Provided entries
------------------------
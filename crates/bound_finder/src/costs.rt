//! What the nodes of a method cost, with what its calls may run.
ghost use Rattle.std.specs.Prelude.{◌≡◌, ◌*◌, ◌<◌, ◌≤◌, length, All, IfOk};
ghost use Rattle.std.specs.List.Sorted.{IsStrictlyIncreasing};
ghost use Rattle.method_flow.specs.Flow.{places_of};
ghost use Rattle.compact_walks.specs.Limited.{cycles_limit};
ghost use Rattle.bound_finder.specs.Telling.{AreToldAdded, IsSmallTold, added_by};
ghost use Rattle.bound_finder.specs.Prepared.{AreCostsBy, AreWithout, IsShapeOf};
ghost use Rattle.loop_nest.specs.Digraph.{Digraph};

use super::shape::Shape;
use super::telling::Told;
use base::NoMemory;
use compact_walks::{held, limited_sum};
use method_flow::Call;
use std::alloc::Global;

/// What is added at a call, where it costs nothing for loads or does.
fn added(told: Told, without_loads: bool) -> u128
    ensures { result ≡ added_by without_loads told }
{
    if without_loads {
        told.inside
    } else {
        told.full
    }
}

/// Costs in a wider type.
fn widened(alloc: Global, own: &[u64]) -> Result<Vec<u128>, NoMemory>
    ensures { IfOk result (λ v. v.items ≡ own.now) }
{
    let mut costs = Vec::new(alloc);
    for cost in own {
        costs.push(*cost as u128)?;
    }
    Ok(costs)
}

/// Adds to the costs of calls what they are told.
fn add(costs: &mut [u128], calls: &[Call], told: &[Told], without_loads: &[bool])
    requires long { length told.now ≡ length calls.now }
    requires flags { length without_loads.now ≡ length costs.old }
    requires rising { IsStrictlyIncreasing (places_of calls.now) }
    requires inside { All (λ c. 2 * c.place < length costs.old) calls.now }
    requires costs { All (λ c. c ≤ cycles_limit) costs.old }
    requires small { All IsSmallTold told.now }
    ensures { AreToldAdded costs.old calls.now told.now without_loads.now costs.new }
{
    for i in 0..calls.len() {
        let at = 2 * calls[i].place as usize;
        costs[at] = limited_sum(costs[at], added(told[i], without_loads[at]));
    }
}

/// For each node whether a call there costs nothing for loads: everything fits the cache together, or it is in a charged loop.
pub fn without_loads(
    alloc: Global,
    s: &Shape,
    fits: bool,
    flags: &[bool],
) -> Result<Vec<bool>, NoMemory>
    requires shape { (g : Digraph) × IsShapeOf g s.now }
    requires flags { length flags.now ≡ length s.now.nest }
    ensures { IfOk result (λ v. AreWithout fits s.now flags.now v.items) }
{
    if fits {
        Ok(vec![in alloc; true; s.size as usize]?)
    } else {
        held(alloc, &s.nest, flags, s.nodes.as_slice(), s.size as usize)
    }
}

/// The costs of the nodes of a method, by what its calls are told.
pub fn costs(
    alloc: Global,
    s: &Shape,
    fits: bool,
    flags: &[bool],
    own: &[u64],
    calls: &[Call],
    told: &[Told],
) -> Result<Vec<u128>, NoMemory>
    requires shape { (g : Digraph) × IsShapeOf g s.now }
    requires flags { length flags.now ≡ length s.now.nest }
    requires own { length own.now ≡ s.now.size }
    requires long { length told.now ≡ length calls.now }
    requires rising { IsStrictlyIncreasing (places_of calls.now) }
    requires inside { All (λ c. 2 * c.place < length own.now) calls.now }
    requires costs { All (λ c. c ≤ cycles_limit) own.now }
    requires small { All IsSmallTold told.now }
    ensures { IfOk result (λ v. AreCostsBy own.now calls.now told.now fits s.now flags.now v.items) }
{
    let without_loads = without_loads(alloc, s, fits, flags)?;
    let mut costs = widened(alloc, own)?;
    add(&mut costs, calls, told, &without_loads);
    Ok(costs)
}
------------------------
Exercise
Among the lines above, which hold the word "AreToldAdded"? Report each one.

Exercise response
ghost use Rattle.bound_finder.specs.Telling.{AreToldAdded, IsSmallTold, added_by};
    ensures { AreToldAdded costs.old calls.now told.now without_loads.now costs.new }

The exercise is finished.